Exercise brief ▸ Count up the lines holding "Flow" in the material, then reply with only the number.

Data to process ▸

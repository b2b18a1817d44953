// What makes a step bad, one test a rule. Each is a struct, for the reason at `first::Test`.
ghost use Rattle.std.specs.Prelude.{◌≡◌, ◌+◌, ◌<◌, ◌≤◌, false, length, Decides};
ghost use Rattle.first.specs.First.{Nowhere};
ghost use Rattle.search.specs.Paths.{Edge, Unstopped};
ghost use Rattle.steps.specs.Tables.{sets as set_by, targets as targets_of, terminator};
ghost use Rattle.routine.specs.Flow.{step_at, Either, Sets};
ghost use Rattle.routine.specs.Graph.{two_slots, leads as leads_in, is_set, is_other};
ghost use Rattle.routine.specs.Rules.{Malformed, SetTwice, SetsOther, Unfit, UnfitOperand, Astray, Unset, UnsetOperand};
ghost use Rattle.routine.specs.Text.{text_of};

use crate::flow::{Flow, Setters, either, sets_value};
use crate::text::{Text, step_in};
use first::{Test, any_bad};
use search::NodeGuard;
use steps::step::Takes;
use store::scalars::Scalar;

// 3: the bytes are not those of a well-formed step.
#[derive(Clone, Copy)]
pub(crate) struct Malforms<'a> {
    pub(crate) body: &'a [u8],
    pub(crate) count: u16,
}

impl Test for Malforms<'_> {
    ghost bad = { λ s. Malformed s.body.now };

    ghost places = { λ s. s.count };

    fn count(&self) -> u32 {
        self.count as u32
    }

    fn fails(&self, place: u32) -> bool {
        step_in(self.body, place as usize).is_none()
    }
}

// A step below another sets a value.
#[derive(Clone, Copy)]
pub(crate) struct Setting<'a> {
    pub(crate) text: &'a Text,
    pub(crate) value: u32,
    pub(crate) below: u32,
}

impl Test for Setting<'_> {
    ghost bad = { λ s. Sets (text_of s.text.now) s.value };

    ghost places = { λ s. s.below };

    fn count(&self) -> u32 {
        self.below
    }

    fn fails(&self, place: u32) -> bool {
        sets_value(self.text.step(place), self.value)
    }
}

// 4: an earlier step sets the same value.
#[derive(Clone, Copy)]
pub(crate) struct SetsTwice<'a> {
    pub(crate) text: &'a Text,
}

impl Test for SetsTwice<'_> {
    ghost bad = { λ s. SetTwice (text_of s.text.now) };

    ghost places = { λ s. length (text_of s.text.now) };

    fn count(&self) -> u32 {
        self.text.len()
    }

    fn fails(&self, place: u32) -> bool {
        self.text.step(place).sets().is_some_and(|(value, _)| {
            any_bad(&Setting {
                text: self.text,
                value: value as u32,
                below: place,
            })
        })
    }
}

// A step sets the value of an operand to a type that the operand does not take.
#[derive(Clone, Copy)]
struct SetsWrong<'a> {
    text: &'a Text,
    used: (u32, Takes),
}

fn is_other(used: (u32, Takes), set: Option<(u8, Scalar)>) -> bool
    ensures { result ≡ is_other used set }
{
    set.is_some_and(|(value, scalar)| value as u32 == used.0 && !used.1.accepts(scalar))
}

impl Test for SetsWrong<'_> {
    ghost bad = { λ s. SetsOther (text_of s.text.now) s.used };

    ghost places = { λ s. length (text_of s.text.now) };

    fn count(&self) -> u32 {
        self.text.len()
    }

    fn fails(&self, place: u32) -> bool {
        is_other(self.used, self.text.step(place).sets())
    }
}

fn is_set_nowhere(text: &Text, value: u32) -> bool
    ensures { Decides result (Nowhere (Sets (text_of text.now) value) (length (text_of text.now))) }
{
    !any_bad(&Setting {
        text,
        value,
        below: text.len(),
    })
}

fn is_unfit(text: &Text, used: (u32, Takes)) -> bool
    ensures { Decides result (Unfit (text_of text.now) used) }
{
    is_set_nowhere(text, used.0) || any_bad(&SetsWrong { text, used })
}

// 5: a value operand is never set, or is of another type.
#[derive(Clone, Copy)]
pub(crate) struct Unfits<'a> {
    pub(crate) text: &'a Text,
}

impl Test for Unfits<'_> {
    ghost bad = { λ s. UnfitOperand (text_of s.text.now) };

    ghost places = { λ s. length (text_of s.text.now) };

    fn count(&self) -> u32 {
        self.text.len()
    }

    fn fails(&self, place: u32) -> bool {
        either(
            self.text.step(place).uses(),
            |used| is_unfit(self.text, used),
        )
    }
}

fn has_target_past(text: &Text, place: u32) -> bool
    ensures { Decides result (Either (λ j. length (text_of text.now) ≤ j) (targets_of (step_at (text_of text.now) place))) }
{
    let count = text.len();
    either(text.step(place).targets(), |step| count <= step as u32)
}

fn is_open_end(text: &Text, place: u32) -> bool
    ensures { Decides result ((place + 1 ≡ length (text_of text.now)) × (terminator (step_at (text_of text.now) place) ≡ false)) }
{
    place as u64 + 1 == text.len() as u64 && !text.step(place).is_terminator()
}

// 6: a target is past the routine, or the last step leads on.
#[derive(Clone, Copy)]
pub(crate) struct Strays<'a> {
    pub(crate) text: &'a Text,
}

impl Test for Strays<'_> {
    ghost bad = { λ s. Astray (text_of s.text.now) };

    ghost places = { λ s. length (text_of s.text.now) };

    fn count(&self) -> u32 {
        self.text.len()
    }

    fn fails(&self, place: u32) -> bool {
        has_target_past(self.text, place) || is_open_end(self.text, place)
    }
}

// Whether a path leads from step 0 to step `to` with no step between them that sets the value.
fn reaches_unset(text: &Text, value: u32, to: u8) -> bool
    ensures { Decides result (Unstopped (Edge two_slots (leads_in (text_of text.now))) (λ i. is_set value (set_by (step_at (text_of text.now) i))) 0 to) }
{
    let mut marks = [0; 256];
    let mut guard = NodeGuard::over(&mut marks);
    guard.follow_unstopped(&Flow { text }, &Setters { text, value }, 0);
    guard.is_marked(to)
}

// Whether a path leads from step 0 to step `to` with the setting of the value nowhere before its end.
// Step 0 is before the end, and the search does not count it.
fn is_unset(text: &Text, value: u32, to: u8) -> bool
    ensures { Decides result (Unset (text_of text.now) value to) }
{
    !sets_value(text.step(0), value) && reaches_unset(text, value, to)
}

// 7: a value operand stands at step 0, or can be used before it is set.
#[derive(Clone, Copy)]
pub(crate) struct Lacks<'a> {
    pub(crate) text: &'a Text,
}

impl Test for Lacks<'_> {
    ghost bad = { λ s. UnsetOperand (text_of s.text.now) };

    ghost places = { λ s. length (text_of s.text.now) };

    fn count(&self) -> u32 {
        self.text.len()
    }

    fn fails(&self, place: u32) -> bool {
        if place >= self.text.len() {
            return false;
        }
        let to = place as u8;
        either(
            self.text.step(place).uses(),
            |(value, _)| to == 0 || is_unset(self.text, value, to),
        )
    }
}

Answer for this exercise ▸ 3